▶ **INSTRUCTIONS FOR THE TASK**: From the records below, pull each line that has "routes".

Records drawn from a dataset:
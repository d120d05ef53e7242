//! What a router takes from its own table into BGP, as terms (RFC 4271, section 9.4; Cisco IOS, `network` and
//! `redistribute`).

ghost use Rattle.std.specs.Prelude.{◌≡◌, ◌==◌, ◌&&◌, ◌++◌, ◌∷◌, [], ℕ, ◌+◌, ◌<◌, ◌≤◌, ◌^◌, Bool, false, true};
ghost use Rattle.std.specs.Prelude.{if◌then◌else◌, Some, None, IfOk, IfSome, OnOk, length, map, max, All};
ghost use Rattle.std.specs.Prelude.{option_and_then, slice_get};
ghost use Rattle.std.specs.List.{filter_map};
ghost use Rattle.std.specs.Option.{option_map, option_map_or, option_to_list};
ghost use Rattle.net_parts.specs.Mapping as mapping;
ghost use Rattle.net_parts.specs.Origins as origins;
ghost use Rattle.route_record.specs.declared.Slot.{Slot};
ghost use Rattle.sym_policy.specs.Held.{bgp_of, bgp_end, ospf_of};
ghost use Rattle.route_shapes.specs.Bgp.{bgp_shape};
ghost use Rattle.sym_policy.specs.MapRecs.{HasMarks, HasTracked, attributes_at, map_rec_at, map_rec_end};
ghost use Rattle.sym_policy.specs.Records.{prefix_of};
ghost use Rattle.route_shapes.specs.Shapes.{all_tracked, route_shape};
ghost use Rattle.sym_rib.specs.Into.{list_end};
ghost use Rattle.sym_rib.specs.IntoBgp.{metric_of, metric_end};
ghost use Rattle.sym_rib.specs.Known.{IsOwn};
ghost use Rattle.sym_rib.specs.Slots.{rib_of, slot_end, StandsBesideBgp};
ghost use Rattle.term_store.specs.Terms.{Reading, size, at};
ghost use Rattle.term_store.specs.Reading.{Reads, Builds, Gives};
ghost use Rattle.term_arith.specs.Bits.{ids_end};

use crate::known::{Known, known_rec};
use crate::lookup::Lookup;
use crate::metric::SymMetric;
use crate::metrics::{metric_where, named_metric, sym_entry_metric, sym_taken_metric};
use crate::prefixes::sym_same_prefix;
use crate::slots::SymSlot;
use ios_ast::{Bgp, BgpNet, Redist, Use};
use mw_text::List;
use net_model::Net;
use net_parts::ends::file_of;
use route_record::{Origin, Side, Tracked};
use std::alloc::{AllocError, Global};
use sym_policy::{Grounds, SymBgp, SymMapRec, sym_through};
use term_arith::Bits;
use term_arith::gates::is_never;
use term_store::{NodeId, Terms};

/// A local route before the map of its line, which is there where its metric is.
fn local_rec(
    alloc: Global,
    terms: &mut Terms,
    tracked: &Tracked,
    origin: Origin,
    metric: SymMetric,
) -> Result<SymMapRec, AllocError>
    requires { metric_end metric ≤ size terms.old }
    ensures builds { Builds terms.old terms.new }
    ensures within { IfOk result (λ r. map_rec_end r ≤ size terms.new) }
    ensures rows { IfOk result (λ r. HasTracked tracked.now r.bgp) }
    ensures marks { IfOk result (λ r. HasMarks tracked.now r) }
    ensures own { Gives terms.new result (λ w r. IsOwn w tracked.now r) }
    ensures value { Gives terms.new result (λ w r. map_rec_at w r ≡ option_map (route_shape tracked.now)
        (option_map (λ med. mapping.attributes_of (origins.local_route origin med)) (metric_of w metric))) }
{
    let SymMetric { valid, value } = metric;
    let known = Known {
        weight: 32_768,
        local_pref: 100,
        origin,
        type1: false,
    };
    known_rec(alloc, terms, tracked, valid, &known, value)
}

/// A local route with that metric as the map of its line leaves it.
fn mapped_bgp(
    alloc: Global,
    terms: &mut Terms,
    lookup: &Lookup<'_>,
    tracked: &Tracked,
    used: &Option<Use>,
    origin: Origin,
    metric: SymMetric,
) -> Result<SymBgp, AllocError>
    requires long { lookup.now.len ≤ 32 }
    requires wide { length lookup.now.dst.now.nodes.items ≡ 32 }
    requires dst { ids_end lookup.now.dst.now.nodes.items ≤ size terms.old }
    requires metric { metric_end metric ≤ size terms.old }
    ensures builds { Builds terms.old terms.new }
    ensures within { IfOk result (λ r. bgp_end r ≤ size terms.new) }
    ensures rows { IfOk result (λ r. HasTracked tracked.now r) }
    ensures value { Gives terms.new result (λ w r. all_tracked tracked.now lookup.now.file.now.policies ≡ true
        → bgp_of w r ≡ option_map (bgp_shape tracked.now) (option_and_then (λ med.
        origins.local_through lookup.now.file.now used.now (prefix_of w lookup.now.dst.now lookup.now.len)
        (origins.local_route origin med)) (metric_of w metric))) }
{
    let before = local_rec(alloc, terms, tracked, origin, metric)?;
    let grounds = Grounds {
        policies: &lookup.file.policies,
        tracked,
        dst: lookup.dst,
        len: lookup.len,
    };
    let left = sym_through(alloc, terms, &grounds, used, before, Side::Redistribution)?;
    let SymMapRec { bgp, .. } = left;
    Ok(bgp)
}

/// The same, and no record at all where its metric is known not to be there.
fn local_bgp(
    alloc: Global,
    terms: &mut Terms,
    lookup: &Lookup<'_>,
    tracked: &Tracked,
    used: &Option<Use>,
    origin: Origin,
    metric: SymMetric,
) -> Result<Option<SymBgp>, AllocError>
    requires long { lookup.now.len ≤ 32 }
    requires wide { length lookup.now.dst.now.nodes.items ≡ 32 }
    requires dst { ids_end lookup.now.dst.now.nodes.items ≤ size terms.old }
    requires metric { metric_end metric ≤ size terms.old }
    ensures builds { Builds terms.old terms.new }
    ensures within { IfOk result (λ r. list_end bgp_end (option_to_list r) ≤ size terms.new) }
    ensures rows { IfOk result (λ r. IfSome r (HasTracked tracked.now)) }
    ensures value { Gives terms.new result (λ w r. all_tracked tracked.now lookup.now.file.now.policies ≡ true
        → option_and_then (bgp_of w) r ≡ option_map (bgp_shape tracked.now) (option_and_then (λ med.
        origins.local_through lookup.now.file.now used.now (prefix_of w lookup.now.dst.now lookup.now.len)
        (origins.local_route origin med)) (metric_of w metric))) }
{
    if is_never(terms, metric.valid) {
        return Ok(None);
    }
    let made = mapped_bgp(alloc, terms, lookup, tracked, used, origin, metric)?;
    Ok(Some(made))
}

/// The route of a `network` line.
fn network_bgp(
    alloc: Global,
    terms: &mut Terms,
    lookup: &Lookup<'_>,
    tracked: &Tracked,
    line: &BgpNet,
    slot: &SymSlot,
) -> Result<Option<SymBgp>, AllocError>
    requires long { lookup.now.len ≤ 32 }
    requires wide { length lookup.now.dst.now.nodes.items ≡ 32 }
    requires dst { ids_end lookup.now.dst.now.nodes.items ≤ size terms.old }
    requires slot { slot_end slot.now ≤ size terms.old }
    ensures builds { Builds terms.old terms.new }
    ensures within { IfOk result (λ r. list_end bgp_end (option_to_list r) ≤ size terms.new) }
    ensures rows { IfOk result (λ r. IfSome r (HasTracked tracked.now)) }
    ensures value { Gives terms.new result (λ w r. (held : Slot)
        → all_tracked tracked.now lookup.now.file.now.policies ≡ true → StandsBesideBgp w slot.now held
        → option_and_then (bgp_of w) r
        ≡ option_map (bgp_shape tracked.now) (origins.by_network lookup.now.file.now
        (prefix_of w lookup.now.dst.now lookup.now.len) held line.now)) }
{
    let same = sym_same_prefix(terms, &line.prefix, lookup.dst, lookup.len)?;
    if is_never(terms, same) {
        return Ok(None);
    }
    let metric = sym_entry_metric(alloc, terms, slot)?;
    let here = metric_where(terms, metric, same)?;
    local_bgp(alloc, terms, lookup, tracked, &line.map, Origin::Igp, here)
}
==
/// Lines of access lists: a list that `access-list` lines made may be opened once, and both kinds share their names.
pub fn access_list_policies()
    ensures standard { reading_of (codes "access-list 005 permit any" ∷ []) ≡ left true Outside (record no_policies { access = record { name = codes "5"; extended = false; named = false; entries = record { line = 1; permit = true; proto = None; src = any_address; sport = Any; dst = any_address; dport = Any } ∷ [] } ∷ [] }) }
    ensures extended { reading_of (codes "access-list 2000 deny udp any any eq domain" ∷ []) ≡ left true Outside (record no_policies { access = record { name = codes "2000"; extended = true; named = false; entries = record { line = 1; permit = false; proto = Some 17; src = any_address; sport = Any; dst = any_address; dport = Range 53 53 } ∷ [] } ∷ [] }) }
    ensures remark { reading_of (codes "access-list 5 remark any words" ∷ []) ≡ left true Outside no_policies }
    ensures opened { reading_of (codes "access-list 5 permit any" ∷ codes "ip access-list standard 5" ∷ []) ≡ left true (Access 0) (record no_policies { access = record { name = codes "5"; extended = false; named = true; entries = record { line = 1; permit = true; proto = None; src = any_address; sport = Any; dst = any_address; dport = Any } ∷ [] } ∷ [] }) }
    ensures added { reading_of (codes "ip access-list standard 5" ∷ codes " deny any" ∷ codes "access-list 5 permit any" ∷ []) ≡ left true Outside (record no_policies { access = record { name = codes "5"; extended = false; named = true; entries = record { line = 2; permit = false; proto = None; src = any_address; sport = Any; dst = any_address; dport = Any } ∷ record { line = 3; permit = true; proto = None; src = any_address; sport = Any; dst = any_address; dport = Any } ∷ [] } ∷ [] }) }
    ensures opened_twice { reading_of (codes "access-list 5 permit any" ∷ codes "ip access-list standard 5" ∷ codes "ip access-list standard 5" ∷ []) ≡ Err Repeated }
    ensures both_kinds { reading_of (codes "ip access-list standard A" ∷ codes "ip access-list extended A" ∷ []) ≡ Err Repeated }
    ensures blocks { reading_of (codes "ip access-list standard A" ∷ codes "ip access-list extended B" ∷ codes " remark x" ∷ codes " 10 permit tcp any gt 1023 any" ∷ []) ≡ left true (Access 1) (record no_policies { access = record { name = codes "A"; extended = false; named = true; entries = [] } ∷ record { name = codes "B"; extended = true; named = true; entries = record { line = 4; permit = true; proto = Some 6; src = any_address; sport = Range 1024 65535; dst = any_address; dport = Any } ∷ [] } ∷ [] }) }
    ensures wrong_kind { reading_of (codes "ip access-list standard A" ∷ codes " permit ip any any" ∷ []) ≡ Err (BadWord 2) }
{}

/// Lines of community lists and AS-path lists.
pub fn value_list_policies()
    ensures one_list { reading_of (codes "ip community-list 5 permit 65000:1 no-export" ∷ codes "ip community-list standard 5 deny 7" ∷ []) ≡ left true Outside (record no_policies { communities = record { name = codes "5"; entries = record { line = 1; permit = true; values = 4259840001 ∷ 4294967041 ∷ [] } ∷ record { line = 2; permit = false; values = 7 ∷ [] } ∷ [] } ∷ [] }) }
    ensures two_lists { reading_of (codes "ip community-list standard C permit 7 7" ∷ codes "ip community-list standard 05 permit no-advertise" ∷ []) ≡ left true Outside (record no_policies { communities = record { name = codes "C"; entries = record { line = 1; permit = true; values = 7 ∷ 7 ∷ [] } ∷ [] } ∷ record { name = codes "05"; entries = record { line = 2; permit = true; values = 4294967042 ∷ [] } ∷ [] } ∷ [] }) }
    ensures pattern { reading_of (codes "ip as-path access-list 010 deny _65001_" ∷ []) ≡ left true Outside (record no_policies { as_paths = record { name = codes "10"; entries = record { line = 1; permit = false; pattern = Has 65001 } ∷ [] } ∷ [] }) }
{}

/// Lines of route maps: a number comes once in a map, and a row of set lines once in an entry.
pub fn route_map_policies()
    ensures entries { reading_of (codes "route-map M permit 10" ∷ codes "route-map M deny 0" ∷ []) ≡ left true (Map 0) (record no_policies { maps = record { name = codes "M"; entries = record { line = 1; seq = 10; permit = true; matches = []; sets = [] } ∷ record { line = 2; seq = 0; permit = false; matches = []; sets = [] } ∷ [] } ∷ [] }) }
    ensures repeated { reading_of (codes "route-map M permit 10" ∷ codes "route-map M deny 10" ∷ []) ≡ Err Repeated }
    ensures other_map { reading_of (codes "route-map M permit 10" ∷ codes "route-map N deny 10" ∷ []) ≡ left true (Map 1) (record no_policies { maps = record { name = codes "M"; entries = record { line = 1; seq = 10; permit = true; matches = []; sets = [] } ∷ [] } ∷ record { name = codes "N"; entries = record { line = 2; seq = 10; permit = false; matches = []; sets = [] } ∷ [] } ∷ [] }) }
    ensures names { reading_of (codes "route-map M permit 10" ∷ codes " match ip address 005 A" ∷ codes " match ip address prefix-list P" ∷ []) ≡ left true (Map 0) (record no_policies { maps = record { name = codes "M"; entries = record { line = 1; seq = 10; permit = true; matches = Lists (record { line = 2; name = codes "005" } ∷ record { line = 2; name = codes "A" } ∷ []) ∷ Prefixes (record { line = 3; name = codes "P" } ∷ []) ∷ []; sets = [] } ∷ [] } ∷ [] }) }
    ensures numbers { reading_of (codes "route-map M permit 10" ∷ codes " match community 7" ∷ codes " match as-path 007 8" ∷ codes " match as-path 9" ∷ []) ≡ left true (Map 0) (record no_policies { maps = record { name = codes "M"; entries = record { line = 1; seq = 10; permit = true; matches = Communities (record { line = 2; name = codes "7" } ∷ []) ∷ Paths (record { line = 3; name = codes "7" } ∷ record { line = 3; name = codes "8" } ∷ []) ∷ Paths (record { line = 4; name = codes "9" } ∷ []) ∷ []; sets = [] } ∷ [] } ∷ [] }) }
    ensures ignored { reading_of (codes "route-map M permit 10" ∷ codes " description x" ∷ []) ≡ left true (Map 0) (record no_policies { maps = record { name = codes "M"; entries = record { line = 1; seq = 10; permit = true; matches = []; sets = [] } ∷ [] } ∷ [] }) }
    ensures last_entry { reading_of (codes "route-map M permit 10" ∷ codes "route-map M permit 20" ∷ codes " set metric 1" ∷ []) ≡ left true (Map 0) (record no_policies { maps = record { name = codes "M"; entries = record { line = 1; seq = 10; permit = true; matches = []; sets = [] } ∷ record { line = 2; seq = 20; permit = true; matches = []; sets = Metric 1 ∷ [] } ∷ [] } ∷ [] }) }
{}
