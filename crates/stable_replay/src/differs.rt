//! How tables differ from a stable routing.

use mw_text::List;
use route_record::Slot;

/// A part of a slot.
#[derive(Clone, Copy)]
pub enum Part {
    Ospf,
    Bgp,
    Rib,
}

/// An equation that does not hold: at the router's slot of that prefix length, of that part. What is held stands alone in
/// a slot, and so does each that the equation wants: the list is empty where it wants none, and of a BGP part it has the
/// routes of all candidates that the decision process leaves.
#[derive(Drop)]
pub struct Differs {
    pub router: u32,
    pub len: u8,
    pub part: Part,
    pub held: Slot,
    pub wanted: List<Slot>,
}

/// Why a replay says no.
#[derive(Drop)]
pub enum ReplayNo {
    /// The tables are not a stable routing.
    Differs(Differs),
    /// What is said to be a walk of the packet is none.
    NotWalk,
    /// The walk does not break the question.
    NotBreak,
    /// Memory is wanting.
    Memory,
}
...
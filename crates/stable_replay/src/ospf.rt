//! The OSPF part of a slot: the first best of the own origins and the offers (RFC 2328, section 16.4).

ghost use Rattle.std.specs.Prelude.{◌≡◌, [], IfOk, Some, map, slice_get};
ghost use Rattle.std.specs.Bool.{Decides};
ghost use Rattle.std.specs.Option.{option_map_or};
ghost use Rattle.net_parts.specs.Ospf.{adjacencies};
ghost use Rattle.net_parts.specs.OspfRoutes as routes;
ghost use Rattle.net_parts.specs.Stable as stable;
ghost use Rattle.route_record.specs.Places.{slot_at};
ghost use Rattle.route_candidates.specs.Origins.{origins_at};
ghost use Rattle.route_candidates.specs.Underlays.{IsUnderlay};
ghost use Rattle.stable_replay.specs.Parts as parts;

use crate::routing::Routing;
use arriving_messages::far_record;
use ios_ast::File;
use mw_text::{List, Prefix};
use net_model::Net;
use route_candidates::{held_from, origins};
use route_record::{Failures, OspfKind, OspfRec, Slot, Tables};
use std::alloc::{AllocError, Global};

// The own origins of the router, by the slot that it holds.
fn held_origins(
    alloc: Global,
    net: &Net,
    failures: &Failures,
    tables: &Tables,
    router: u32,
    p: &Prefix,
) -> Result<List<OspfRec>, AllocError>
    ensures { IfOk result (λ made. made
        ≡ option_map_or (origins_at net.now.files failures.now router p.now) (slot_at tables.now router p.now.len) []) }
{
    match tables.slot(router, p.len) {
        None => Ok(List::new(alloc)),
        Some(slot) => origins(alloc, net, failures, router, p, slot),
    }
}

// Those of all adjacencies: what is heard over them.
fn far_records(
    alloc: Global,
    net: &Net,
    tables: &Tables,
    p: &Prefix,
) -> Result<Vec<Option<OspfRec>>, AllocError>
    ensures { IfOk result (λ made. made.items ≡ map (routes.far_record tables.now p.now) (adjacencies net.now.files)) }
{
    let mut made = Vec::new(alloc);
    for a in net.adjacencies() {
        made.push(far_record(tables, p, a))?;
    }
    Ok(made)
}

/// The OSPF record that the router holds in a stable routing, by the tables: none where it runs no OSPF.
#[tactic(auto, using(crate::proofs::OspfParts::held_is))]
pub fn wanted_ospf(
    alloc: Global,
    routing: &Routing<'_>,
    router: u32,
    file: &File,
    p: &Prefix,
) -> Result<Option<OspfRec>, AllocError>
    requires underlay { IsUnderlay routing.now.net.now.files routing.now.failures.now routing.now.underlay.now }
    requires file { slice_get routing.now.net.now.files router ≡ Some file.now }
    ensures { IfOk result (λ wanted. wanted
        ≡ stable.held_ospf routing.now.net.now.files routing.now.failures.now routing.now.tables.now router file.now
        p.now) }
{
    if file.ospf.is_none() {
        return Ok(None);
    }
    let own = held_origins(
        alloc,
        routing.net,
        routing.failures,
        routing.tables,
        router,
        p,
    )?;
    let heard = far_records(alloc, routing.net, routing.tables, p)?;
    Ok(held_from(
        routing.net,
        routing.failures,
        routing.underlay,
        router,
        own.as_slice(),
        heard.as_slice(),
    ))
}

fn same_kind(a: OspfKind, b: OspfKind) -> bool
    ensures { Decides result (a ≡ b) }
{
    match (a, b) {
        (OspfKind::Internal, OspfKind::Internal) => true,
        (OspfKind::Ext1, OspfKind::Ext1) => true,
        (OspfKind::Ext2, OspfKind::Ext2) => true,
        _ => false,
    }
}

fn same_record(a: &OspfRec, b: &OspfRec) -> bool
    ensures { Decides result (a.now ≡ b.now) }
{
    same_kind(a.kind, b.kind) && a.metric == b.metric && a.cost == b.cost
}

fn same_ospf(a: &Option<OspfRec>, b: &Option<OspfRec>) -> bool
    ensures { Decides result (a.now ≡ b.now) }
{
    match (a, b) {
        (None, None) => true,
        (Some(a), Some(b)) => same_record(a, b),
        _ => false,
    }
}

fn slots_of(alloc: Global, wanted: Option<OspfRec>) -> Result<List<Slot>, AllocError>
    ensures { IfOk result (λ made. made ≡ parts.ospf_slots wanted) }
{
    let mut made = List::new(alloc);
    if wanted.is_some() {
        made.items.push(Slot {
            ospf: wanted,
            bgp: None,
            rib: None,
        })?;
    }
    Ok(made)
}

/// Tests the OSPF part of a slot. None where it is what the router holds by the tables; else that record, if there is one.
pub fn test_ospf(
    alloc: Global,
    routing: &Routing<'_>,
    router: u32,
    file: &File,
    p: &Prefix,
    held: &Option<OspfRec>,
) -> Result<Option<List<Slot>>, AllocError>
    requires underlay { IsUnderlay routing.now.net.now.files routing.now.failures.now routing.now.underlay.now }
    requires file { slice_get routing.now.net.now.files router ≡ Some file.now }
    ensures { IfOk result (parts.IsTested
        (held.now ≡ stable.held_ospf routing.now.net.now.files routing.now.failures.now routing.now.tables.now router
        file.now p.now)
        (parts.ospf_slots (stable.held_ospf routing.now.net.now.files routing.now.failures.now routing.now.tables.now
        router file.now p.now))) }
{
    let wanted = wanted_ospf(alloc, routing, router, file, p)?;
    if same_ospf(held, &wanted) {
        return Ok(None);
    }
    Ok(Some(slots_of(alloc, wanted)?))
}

▶ **RESPONSE TO THIS TASK**:
/// routes of all candidates that the decision process leaves.
ghost use Rattle.net_parts.specs.OspfRoutes as routes;
    ensures { IfOk result (λ made. made.items ≡ map (routes.far_record tables.now p.now) (adjacencies net.now.files)) }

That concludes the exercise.